Task goal: Every line in the entries that holds the word "others" counts toward the answer, which should be a single number.

Study material:
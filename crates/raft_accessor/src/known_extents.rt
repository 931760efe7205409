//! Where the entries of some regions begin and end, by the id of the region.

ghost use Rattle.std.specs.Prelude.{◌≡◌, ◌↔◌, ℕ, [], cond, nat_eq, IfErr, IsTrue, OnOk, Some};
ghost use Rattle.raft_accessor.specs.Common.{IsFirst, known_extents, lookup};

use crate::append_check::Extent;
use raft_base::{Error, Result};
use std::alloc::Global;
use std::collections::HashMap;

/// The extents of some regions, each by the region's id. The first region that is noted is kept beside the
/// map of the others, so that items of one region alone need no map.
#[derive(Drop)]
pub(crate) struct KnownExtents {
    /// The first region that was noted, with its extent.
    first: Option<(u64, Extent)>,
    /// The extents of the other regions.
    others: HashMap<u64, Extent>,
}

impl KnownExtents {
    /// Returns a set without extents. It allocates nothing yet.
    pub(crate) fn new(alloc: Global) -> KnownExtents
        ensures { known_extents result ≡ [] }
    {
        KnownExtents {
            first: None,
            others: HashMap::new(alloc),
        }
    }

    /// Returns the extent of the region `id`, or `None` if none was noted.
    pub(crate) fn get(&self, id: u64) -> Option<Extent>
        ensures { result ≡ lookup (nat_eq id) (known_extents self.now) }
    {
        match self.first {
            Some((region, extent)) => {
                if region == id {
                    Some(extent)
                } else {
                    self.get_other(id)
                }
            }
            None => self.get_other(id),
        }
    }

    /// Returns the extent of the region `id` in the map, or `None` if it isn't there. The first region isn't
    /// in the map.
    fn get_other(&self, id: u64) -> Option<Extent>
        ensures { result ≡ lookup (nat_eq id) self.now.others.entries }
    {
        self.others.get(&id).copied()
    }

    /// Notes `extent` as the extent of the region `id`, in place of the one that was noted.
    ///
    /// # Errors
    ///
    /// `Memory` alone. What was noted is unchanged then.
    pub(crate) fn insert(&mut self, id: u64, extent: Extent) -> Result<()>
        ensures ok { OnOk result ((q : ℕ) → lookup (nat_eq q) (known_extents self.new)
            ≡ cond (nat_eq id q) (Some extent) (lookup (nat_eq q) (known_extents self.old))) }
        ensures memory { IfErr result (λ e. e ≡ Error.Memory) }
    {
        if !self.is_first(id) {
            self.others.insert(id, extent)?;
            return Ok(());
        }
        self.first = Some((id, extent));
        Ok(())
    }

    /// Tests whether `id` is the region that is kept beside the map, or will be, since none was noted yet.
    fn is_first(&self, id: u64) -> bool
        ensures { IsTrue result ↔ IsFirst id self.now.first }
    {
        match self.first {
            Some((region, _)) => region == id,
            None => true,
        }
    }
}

Answer box: 6